● Task input
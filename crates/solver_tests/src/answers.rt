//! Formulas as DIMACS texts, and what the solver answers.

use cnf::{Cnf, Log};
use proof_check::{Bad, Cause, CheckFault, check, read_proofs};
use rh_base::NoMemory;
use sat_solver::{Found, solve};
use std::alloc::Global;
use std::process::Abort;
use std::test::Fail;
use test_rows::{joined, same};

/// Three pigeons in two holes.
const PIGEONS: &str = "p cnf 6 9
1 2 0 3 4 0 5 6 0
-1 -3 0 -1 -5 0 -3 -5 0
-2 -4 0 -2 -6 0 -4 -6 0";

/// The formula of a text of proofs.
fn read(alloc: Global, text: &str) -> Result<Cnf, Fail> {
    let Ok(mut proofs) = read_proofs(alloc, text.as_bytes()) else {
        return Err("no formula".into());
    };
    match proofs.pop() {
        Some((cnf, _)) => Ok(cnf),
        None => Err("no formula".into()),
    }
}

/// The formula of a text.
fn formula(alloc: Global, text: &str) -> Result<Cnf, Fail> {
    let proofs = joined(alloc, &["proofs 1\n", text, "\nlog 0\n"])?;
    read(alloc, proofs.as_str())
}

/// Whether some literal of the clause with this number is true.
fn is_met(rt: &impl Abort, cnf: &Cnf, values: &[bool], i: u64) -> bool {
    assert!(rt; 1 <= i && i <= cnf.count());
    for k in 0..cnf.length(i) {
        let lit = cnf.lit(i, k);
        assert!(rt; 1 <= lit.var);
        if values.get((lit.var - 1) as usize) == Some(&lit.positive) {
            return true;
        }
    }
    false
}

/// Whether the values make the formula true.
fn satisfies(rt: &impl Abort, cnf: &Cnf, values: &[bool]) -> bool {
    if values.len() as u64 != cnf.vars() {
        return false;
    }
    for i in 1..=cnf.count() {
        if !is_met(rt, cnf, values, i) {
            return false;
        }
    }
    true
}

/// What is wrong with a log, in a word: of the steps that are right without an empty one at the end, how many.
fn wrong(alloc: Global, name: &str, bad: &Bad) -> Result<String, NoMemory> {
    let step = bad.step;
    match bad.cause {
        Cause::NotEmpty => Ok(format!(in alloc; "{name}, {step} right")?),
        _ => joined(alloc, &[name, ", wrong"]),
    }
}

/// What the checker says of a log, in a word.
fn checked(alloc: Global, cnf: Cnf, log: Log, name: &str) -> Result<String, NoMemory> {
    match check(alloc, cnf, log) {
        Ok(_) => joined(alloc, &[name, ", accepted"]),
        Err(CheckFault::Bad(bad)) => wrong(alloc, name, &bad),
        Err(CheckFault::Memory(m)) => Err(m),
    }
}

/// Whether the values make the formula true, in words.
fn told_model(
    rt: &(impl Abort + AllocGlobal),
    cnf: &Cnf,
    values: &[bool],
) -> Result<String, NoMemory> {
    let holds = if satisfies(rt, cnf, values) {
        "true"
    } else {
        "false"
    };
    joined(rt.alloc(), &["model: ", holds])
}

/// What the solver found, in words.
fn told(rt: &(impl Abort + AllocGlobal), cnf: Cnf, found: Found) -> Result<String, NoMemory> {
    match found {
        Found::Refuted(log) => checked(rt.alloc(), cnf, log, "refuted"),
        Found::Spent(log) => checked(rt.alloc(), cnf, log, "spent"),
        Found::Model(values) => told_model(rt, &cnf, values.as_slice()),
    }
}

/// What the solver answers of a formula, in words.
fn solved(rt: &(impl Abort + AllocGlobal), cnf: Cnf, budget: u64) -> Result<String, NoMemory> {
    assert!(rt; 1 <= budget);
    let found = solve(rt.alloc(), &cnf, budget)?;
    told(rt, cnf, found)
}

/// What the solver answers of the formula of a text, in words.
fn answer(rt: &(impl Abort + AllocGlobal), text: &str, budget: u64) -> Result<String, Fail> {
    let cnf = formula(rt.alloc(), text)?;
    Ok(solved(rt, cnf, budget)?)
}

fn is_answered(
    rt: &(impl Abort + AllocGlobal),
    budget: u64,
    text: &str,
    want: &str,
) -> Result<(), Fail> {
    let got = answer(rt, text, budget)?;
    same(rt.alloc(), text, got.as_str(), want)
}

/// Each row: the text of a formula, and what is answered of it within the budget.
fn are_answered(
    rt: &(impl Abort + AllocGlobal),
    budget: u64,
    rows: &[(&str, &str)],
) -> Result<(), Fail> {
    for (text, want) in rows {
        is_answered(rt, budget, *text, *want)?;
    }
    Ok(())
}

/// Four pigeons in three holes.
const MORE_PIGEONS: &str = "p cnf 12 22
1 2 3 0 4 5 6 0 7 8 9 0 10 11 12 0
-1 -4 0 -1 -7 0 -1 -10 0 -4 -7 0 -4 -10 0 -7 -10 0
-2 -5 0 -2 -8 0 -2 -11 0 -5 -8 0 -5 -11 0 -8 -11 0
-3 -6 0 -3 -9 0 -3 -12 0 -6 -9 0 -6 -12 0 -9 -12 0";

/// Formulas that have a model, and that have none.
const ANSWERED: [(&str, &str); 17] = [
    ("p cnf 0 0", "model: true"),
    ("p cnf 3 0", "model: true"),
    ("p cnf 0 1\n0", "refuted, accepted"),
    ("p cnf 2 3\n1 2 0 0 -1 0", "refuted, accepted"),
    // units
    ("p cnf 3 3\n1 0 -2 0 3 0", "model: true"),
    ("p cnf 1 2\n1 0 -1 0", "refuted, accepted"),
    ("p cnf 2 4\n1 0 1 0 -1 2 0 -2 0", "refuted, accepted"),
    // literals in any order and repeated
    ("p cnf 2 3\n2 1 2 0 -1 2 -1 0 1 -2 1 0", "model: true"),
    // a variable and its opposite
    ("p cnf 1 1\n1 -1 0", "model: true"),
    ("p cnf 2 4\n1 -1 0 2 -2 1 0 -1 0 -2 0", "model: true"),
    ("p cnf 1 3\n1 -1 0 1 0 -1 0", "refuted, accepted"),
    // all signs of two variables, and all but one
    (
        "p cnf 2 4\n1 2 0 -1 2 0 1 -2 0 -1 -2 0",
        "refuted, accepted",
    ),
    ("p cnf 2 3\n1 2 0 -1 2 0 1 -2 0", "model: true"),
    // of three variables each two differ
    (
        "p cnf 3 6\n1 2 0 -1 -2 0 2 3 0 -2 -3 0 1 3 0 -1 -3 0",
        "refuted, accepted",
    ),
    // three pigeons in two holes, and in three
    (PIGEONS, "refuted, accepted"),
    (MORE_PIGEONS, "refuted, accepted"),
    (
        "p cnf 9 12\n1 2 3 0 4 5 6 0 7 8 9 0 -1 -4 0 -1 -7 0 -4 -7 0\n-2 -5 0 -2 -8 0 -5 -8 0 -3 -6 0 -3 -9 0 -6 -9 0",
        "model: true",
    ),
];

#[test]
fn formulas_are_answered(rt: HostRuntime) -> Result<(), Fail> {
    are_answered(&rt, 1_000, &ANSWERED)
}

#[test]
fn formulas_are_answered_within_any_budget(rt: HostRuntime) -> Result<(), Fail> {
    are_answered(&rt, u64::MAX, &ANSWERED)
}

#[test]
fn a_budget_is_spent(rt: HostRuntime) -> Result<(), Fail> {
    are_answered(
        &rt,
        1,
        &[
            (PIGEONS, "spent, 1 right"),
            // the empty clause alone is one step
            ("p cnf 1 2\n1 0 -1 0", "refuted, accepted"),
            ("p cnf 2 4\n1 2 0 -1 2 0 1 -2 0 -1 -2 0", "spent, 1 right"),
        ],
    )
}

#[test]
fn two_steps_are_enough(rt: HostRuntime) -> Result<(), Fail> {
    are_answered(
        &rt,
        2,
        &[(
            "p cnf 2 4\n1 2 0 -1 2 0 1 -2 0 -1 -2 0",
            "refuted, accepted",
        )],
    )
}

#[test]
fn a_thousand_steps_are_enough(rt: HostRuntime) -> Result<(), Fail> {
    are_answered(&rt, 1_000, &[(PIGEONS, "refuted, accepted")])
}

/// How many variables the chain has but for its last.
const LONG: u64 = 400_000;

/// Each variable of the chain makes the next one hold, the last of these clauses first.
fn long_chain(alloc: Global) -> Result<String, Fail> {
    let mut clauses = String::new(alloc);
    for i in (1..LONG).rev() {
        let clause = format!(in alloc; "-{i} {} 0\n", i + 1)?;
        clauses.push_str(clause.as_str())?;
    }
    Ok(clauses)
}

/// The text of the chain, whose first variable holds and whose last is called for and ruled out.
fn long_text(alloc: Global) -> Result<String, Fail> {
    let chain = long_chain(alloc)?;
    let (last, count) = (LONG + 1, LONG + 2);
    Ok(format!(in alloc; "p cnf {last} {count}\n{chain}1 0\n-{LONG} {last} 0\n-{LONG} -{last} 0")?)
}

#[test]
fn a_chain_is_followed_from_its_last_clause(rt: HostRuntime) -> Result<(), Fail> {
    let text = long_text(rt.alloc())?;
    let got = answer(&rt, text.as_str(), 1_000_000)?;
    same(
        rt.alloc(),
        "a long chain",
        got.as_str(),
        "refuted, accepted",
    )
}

==

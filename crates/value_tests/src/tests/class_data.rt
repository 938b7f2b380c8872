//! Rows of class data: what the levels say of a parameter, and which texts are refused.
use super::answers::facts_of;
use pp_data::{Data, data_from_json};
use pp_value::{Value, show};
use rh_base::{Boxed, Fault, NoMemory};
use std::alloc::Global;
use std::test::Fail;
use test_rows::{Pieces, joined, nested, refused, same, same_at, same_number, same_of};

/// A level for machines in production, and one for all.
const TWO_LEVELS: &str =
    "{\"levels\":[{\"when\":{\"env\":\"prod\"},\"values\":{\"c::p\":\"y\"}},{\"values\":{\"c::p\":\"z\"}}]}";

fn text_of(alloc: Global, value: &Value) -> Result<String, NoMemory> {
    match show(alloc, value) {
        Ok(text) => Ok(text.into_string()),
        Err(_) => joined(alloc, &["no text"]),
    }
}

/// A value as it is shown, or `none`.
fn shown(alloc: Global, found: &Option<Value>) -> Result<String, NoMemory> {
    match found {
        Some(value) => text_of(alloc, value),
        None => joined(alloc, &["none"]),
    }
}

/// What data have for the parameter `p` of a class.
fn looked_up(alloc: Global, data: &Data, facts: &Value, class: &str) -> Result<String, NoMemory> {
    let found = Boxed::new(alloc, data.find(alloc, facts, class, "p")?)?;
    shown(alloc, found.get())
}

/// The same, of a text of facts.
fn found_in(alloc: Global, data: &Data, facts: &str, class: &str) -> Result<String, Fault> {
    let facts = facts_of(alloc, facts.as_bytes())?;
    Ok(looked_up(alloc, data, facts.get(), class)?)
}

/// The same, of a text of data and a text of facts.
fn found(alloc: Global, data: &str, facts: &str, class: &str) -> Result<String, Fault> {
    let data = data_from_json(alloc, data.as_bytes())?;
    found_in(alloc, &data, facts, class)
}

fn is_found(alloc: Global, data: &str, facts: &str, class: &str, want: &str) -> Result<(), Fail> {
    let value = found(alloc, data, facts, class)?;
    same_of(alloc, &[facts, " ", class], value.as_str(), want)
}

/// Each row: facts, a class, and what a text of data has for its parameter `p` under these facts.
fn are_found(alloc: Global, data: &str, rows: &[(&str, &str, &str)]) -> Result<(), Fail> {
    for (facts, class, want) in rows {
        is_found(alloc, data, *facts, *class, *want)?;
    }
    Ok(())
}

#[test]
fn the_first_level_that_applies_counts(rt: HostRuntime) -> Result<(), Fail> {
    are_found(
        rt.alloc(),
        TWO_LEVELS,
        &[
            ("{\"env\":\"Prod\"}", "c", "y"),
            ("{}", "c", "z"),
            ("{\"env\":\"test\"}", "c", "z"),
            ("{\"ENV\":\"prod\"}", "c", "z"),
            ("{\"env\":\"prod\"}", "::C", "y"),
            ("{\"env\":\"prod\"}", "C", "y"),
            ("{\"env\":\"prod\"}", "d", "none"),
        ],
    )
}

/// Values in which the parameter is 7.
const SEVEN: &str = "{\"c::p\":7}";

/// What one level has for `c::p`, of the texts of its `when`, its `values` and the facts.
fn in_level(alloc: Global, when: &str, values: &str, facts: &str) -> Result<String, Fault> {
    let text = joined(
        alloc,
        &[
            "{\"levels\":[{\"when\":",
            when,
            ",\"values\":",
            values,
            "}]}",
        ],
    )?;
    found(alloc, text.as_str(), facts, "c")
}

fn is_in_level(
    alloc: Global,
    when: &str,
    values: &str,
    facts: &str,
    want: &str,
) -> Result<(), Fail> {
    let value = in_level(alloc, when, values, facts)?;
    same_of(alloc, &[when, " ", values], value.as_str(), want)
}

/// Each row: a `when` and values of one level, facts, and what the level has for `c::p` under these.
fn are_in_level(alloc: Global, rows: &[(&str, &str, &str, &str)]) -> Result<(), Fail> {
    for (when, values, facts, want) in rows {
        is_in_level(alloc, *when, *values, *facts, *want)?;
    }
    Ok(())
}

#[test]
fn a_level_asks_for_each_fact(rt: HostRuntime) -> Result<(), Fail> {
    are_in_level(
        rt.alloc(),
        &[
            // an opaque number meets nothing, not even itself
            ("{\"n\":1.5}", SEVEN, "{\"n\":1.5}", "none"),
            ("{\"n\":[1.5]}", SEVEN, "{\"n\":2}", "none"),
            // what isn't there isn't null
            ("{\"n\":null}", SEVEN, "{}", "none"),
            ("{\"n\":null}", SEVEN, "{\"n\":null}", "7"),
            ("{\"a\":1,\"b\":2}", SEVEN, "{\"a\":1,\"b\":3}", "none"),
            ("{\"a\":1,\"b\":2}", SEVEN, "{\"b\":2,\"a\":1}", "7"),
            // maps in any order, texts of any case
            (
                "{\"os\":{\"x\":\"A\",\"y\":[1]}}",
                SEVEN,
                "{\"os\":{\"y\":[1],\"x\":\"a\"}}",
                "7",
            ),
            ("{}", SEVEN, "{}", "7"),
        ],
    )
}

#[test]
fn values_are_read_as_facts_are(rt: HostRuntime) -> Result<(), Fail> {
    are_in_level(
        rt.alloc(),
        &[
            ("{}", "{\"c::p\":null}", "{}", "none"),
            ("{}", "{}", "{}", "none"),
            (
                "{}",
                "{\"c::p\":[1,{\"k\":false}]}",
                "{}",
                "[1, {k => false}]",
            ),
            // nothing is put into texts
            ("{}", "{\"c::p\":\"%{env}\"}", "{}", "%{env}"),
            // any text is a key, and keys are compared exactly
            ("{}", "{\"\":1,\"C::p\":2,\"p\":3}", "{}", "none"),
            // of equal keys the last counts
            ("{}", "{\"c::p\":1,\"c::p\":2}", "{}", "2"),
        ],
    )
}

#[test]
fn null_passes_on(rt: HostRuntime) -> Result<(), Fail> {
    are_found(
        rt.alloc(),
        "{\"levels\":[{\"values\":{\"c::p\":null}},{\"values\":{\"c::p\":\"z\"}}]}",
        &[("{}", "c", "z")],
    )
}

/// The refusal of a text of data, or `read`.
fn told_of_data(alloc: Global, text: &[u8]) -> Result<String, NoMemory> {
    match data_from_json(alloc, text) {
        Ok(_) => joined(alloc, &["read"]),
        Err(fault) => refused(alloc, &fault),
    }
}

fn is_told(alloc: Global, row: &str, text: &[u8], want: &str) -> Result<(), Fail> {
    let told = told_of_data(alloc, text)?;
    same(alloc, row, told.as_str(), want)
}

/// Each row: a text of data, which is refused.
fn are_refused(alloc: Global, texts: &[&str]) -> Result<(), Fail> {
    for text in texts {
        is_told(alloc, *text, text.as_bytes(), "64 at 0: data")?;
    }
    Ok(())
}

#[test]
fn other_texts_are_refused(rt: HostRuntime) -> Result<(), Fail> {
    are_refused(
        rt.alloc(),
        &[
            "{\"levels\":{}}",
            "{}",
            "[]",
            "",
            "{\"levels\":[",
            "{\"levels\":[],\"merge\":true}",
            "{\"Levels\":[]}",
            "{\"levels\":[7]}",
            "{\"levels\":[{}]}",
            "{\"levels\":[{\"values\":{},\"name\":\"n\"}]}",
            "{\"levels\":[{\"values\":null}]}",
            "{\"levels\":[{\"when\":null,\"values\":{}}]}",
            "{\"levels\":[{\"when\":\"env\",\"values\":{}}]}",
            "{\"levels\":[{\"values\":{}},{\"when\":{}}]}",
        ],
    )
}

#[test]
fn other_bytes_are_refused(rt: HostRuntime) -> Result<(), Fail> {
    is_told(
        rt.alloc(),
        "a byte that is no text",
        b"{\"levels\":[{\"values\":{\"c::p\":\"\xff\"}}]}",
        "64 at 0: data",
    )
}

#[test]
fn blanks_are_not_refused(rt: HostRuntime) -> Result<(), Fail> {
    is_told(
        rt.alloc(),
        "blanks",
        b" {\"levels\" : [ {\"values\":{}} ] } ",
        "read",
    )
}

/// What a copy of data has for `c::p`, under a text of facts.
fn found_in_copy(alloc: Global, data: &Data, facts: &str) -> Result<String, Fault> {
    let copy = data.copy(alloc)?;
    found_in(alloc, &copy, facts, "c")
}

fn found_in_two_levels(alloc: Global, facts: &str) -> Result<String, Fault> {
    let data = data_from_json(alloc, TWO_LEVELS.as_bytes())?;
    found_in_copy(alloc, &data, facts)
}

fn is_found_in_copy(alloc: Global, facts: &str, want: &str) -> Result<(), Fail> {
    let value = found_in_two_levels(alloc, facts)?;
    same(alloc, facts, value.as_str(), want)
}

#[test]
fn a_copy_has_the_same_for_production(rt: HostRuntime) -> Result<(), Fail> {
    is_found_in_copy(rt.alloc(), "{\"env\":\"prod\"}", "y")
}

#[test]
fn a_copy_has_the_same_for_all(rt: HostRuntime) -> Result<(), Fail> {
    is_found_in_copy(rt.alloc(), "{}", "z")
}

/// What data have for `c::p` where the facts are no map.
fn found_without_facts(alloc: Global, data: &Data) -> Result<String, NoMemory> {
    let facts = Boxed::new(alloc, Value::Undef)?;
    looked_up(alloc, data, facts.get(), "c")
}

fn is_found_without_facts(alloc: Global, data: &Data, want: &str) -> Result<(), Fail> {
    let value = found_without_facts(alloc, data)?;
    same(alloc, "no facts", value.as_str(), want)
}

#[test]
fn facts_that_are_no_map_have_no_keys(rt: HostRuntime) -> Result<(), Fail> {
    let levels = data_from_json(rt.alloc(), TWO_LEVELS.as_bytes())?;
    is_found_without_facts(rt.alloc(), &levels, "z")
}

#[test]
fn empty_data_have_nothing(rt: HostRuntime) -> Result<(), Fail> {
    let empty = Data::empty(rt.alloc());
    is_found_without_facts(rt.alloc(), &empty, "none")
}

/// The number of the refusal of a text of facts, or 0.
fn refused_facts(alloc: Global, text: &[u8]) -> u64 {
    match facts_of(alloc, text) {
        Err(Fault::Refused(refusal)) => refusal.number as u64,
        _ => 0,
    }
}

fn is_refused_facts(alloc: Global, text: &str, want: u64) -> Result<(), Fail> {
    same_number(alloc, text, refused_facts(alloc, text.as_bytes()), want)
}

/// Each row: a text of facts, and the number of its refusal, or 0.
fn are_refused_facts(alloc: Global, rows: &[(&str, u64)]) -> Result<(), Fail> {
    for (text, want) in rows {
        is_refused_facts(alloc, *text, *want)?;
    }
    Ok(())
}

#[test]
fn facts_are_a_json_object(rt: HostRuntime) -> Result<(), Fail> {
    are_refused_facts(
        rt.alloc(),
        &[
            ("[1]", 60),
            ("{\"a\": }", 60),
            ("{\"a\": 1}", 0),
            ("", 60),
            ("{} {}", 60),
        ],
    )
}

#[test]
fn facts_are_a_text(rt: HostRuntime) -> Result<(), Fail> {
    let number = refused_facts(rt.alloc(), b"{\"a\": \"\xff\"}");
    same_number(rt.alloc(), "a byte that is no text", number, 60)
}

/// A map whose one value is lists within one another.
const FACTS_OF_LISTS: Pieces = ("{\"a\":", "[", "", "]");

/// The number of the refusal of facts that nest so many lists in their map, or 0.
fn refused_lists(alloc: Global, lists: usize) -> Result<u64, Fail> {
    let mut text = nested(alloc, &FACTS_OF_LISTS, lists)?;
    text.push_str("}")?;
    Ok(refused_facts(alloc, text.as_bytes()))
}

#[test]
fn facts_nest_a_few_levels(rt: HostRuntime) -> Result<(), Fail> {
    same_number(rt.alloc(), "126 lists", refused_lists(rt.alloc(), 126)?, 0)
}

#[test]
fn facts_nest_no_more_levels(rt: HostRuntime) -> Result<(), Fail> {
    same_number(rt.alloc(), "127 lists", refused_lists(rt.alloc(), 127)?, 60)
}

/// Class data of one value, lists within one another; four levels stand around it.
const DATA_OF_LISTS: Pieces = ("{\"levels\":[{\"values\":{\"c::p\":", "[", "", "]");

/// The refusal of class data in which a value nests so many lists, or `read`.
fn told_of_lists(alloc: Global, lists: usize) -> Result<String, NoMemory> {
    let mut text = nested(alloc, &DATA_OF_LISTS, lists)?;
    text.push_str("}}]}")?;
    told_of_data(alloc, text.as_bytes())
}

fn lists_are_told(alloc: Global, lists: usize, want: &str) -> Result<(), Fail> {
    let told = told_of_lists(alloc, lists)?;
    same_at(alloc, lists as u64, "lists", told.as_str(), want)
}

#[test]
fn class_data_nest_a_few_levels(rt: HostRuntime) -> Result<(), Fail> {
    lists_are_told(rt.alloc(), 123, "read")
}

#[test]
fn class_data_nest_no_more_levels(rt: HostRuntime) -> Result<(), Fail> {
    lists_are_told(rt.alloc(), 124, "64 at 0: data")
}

...

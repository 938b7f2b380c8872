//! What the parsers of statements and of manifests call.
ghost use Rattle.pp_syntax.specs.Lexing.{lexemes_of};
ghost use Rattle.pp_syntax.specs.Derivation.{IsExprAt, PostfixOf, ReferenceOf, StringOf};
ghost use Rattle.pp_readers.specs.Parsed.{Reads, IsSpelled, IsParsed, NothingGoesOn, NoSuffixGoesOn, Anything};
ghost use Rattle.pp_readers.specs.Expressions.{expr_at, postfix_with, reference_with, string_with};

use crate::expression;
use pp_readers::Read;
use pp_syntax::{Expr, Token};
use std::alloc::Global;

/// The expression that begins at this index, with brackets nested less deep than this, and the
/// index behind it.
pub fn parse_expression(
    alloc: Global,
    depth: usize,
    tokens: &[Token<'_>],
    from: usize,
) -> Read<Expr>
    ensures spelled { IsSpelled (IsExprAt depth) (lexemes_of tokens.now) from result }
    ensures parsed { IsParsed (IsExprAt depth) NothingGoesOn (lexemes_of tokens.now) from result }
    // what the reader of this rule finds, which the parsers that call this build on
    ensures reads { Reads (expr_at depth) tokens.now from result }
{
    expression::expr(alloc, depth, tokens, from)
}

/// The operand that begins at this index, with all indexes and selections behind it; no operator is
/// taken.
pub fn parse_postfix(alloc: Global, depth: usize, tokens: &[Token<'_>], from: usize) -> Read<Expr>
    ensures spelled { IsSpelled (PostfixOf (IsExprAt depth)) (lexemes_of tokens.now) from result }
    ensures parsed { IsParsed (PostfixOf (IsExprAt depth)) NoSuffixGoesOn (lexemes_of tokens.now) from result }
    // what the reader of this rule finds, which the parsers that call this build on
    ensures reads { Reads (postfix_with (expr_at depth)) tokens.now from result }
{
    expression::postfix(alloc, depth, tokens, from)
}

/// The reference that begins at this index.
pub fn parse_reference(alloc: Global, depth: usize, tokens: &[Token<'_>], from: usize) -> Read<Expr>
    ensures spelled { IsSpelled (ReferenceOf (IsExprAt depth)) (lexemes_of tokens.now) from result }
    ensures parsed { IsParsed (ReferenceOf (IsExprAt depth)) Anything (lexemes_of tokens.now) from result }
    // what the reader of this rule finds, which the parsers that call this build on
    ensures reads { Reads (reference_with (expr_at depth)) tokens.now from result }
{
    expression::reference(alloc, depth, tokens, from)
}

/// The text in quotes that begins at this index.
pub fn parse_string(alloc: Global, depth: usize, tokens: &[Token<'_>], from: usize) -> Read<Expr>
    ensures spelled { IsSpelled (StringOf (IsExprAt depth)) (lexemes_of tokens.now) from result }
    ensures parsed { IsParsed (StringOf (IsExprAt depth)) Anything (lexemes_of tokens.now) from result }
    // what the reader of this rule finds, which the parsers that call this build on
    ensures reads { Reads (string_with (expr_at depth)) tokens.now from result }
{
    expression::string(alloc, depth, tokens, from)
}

● Directions for this task
Copy out each line of the entries above that holds "Abort".

● Exercise result
use std::process::Abort;
fn is_met(rt: &impl Abort, cnf: &Cnf, values: &[bool], i: u64) -> bool {
fn satisfies(rt: &impl Abort, cnf: &Cnf, values: &[bool]) -> bool {
    rt: &(impl Abort + AllocGlobal),
fn told(rt: &(impl Abort + AllocGlobal), cnf: Cnf, found: Found) -> Result<String, NoMemory> {
fn solved(rt: &(impl Abort + AllocGlobal), cnf: Cnf, budget: u64) -> Result<String, NoMemory> {
fn answer(rt: &(impl Abort + AllocGlobal), text: &str, budget: u64) -> Result<String, Fail> {
    rt: &(impl Abort + AllocGlobal),
    rt: &(impl Abort + AllocGlobal),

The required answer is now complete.